=== Task statement ===
Wherever "node" turns up in the entries, copy out the line that holds it.

:: Supplied records

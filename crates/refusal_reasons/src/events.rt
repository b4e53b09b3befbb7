// The events that the lines of a file may have, and how they are written.

use crate::line_words::Field;
use crate::near::{Nearness, how_near};
use crate::numbers::Counted;

/// What the lines of a file are.
#[derive(Clone, Copy, Debug, PartialEq, Eq)]
pub enum Lines {
    /// Those of a list of format 1.
    First,
    /// Those of a list of format 2.
    Second,
    /// Those of a plan.
    Planned,
}

impl Lines {
    /// The events that such lines may have.
    pub(crate) fn names(self) -> &'static str {
        match self {
            Lines::First => {
                "claim, commit, deliver, tick, notice, notice-node, evict, lose, kill, kill-node, join and settle"
            }
            Lines::Second => {
                "claim, commit, deliver, tick, notice, notice-node, evict, lose, kill, kill-node and join"
            }
            Lines::Planned => "tick, notice, notice-node, evict, lose, kill, kill-node and join",
        }
    }

    /// Whether such a line may have the event of that name.
    fn may_have(self, name: &[u8]) -> bool {
        match self {
            Lines::First => true,
            Lines::Second => name != b"settle".as_slice(),
            Lines::Planned => !is_of_the_run(name),
        }
    }

    /// The name that is near of an event that such a line may have.
    pub(crate) fn near_name(self, word: &[u8]) -> Option<&'static str> {
        let names = NAMES;
        let mut found = None;
        for name in names {
            if self.may_have(name.as_bytes()) {
                match how_near(name.as_bytes(), word) {
                    Some(Nearness::OneEdit) => return Some(name),
                    Some(Nearness::TwoEdits) => found = Some(name),
                    None => {}
                }
            }
        }
        found
    }
}

/// The names of the events.
const NAMES: [&str; 12] = [
    "claim",
    "commit",
    "deliver",
    "tick",
    "notice",
    "notice-node",
    "evict",
    "lose",
    "kill",
    "kill-node",
    "join",
    "settle",
];

/// Whether the event is the run's own, so that it stands in no plan.
pub(crate) fn is_of_the_run(word: &[u8]) -> bool {
    match word {
        b"claim" | b"commit" | b"deliver" | b"settle" => true,
        _ => false,
    }
}

/// How an event is written, and what stands in its places.
#[derive(Clone, Copy)]
pub(crate) struct EventForm {
    pub(crate) text: &'static str,
    pub(crate) first: Option<Field>,
    pub(crate) second: Option<Field>,
}

fn form(text: &'static str, first: Option<Field>, second: Option<Field>) -> Option<EventForm> {
    Some(EventForm {
        text,
        first,
        second,
    })
}

/// The form of an event whose name is that word.
pub(crate) fn form_of(word: &[u8], lines: Lines) -> Option<EventForm> {
    let worker = Some(Field::Number(Counted::Worker));
    let node = Some(Field::Number(Counted::Node));
    let job = Some(Field::Number(Counted::Job));
    let object = Some(Field::Object);
    match word {
        b"claim" if lines == Lines::Second => form("claim W J", worker, job),
        b"claim" => form("claim W", worker, None),
        b"commit" => form("commit J", job, None),
        b"deliver" => form("deliver K", Some(Field::Number(Counted::Message)), None),
        b"tick" => form("tick W", worker, None),
        b"notice" => form("notice W V", worker, worker),
        b"notice-node" => form("notice-node W N", worker, node),
        b"evict" => form("evict N O", node, object),
        b"lose" => form("lose N O", node, object),
        b"kill" => form("kill W", worker, None),
        b"kill-node" => form("kill-node N", node, None),
        b"join" => form("join", None, None),
        _ => None,
    }
}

::::

=== Result of this exercise ===
                "claim, commit, deliver, tick, notice, notice-node, evict, lose, kill, kill-node, join and settle"
                "claim, commit, deliver, tick, notice, notice-node, evict, lose, kill, kill-node and join"
            Lines::Planned => "tick, notice, notice-node, evict, lose, kill, kill-node and join",
    "notice-node",
    "kill-node",
    let node = Some(Field::Number(Counted::Node));
        b"notice-node" => form("notice-node W N", worker, node),
        b"evict" => form("evict N O", node, object),
        b"lose" => form("lose N O", node, object),
        b"kill-node" => form("kill-node N", node, None),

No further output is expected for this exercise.